Go through the following data and transcribe exactly the stretch of lines from the one holding "self.new.starts ≡ self.old.starts" to the one holding "IsErr result ↔", both included.
=== Begin Enclosure ===
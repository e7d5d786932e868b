ghost use Rattle.std.specs.Prelude.{◌≡◌, ℕ, ◌+◌, ◌%◌, ◌^◌, ◌<◌, ◌≤◌, ◌↔◌, List, [], length, slice_index, OnOk, OnErr, IfOk, IsErr};
ghost use Rattle.std.specs.List.{All};
ghost use Rattle.equation_core.specs.declared.hash.TheConstants.{MAX_PLANES};
ghost use Rattle.equation_core.specs.declared.sizes.TheConstants.{MAX_STARTS};
ghost use Rattle.ribbon_core.specs.Equations.{IsAdded, IsContradicted, IsEquation, Least};
ghost use Rattle.ribbon_core.specs.Rows.{equation_with};

use crate::elimination::{Inconsistent, reduce};
use crate::places::kept_length;
use crate::planes::{KeptWords, Planes};
use crate::substitution::solve_planes;
use equation_core::{Row, words_for};
use octets_core::NoMemory;
use std::alloc::Global;
use std::marker::Model;

/// Equations over the columns of 1 to 16 planes. A coefficient serves all planes, and bit `p` of a target is for plane
/// `p`.
#[derive(Drop)]
pub struct System {
    // of each column the coefficient whose lowest one stands there, or 0, with its target
    coeffs: Vec<u128>,
    targets: Vec<u16>,
    // the counts of starts and planes, and room for the solution
    kept: Box<KeptWords>,
}

impl Model for System {
    ghost use Rattle.ribbon_core.specs.Kept.{Kept, kept_from, IsSystem};

    ghost Value = { Kept };

    ghost view = { λ s. record {
      starts = s.kept.value.starts;
      planes = s.kept.value.planes;
      equations = kept_from 0 s.coeffs.items s.targets.items;
    } };

    ghost invariant = { λ s. IsSystem s.kept.value.starts s.kept.value.planes s.coeffs.items s.targets.items s.kept.value.words.items };
}

impl System {
    /// A system that keeps no equation, with `starts + 127` columns. It takes all the memory that `add` and `solve`
    /// need: 18 bytes a column and the words of the planes.
    pub fn new(alloc: Global, starts: u32, planes: u8) -> Result<System, NoMemory>
        requires some_starts { 1 ≤ starts }
        requires few_starts { starts ≤ MAX_STARTS }
        requires some_planes { 1 ≤ planes }
        requires few_planes { planes ≤ MAX_PLANES }
        ensures { IfOk result (λ s. s ≡ record { starts = starts; planes = planes; equations = [] }) }
    {
        let columns = starts as usize + 127;
        let coeffs = vec![in alloc; 0u128; columns]?;
        let targets = vec![in alloc; 0u16; columns]?;
        let words = vec![in alloc; 0u64; kept_length(starts, planes)]?;
        let kept = KeptWords {
            starts,
            planes,
            words,
        };
        let kept = Box::new(alloc, kept)?;
        Ok(System {
            coeffs,
            targets,
            kept,
        })
    }

    /// Keeps one equation more in each plane. What is kept are equations with the same solutions, maybe not the given
    /// ones. The tag of the row is not looked at.
    pub fn add(&mut self, row: &Row, target: u16) -> Result<(), Inconsistent>
        requires start { row.now.start < self.old.starts }
        requires odd { row.now.coeff % 2 ≡ 1 }
        requires few_planes { target < 2 ^ self.old.planes }
        ensures starts { self.new.starts ≡ self.old.starts }
        ensures planes { self.new.planes ≡ self.old.planes }
        ensures formed { All (IsEquation (self.new.starts + 127)) self.new.equations }

        ensures inconsistent { IsErr result ↔ IsContradicted self.old.planes self.old.equations (equation_with target row.now) }
        ensures err { OnErr result (self.new ≡ self.old) }
        ensures ok { OnOk result (IsAdded self.old.equations (equation_with target row.now) self.new.equations) }
    {
        let Row { start, coeff, .. } = *row;
        reduce(
            &mut self.coeffs,
            &mut self.targets,
            self.kept.planes,
            start as usize,
            coeff,
            target,
        )
    }

    /// The least solution of each plane. There is one, since `add` keeps no equation that contradicts the others.
    pub fn solve(self) -> Planes
        ensures starts { result.starts ≡ self.starts }
        ensures planes { length result.columns ≡ self.planes }
        ensures formed { All (IsEquation (self.starts + 127)) self.equations }
        ensures least { (plane : ℕ) → plane < self.planes → Least plane self.equations (slice_index result.columns plane) }
    {
        let System {
            coeffs,
            targets,
            mut kept,
        } = self;
        let width = words_for(kept.starts);
        solve_planes(&coeffs, &targets, kept.planes, width, &mut kept.words);
        Planes::from_kept(kept)
    }
}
=== End Enclosure ===
▶ [Result for this exercise]:
        ensures starts { self.new.starts ≡ self.old.starts }
        ensures planes { self.new.planes ≡ self.old.planes }
        ensures formed { All (IsEquation (self.new.starts + 127)) self.new.equations }

        ensures inconsistent { IsErr result ↔ IsContradicted self.old.planes self.old.equations (equation_with target row.now) }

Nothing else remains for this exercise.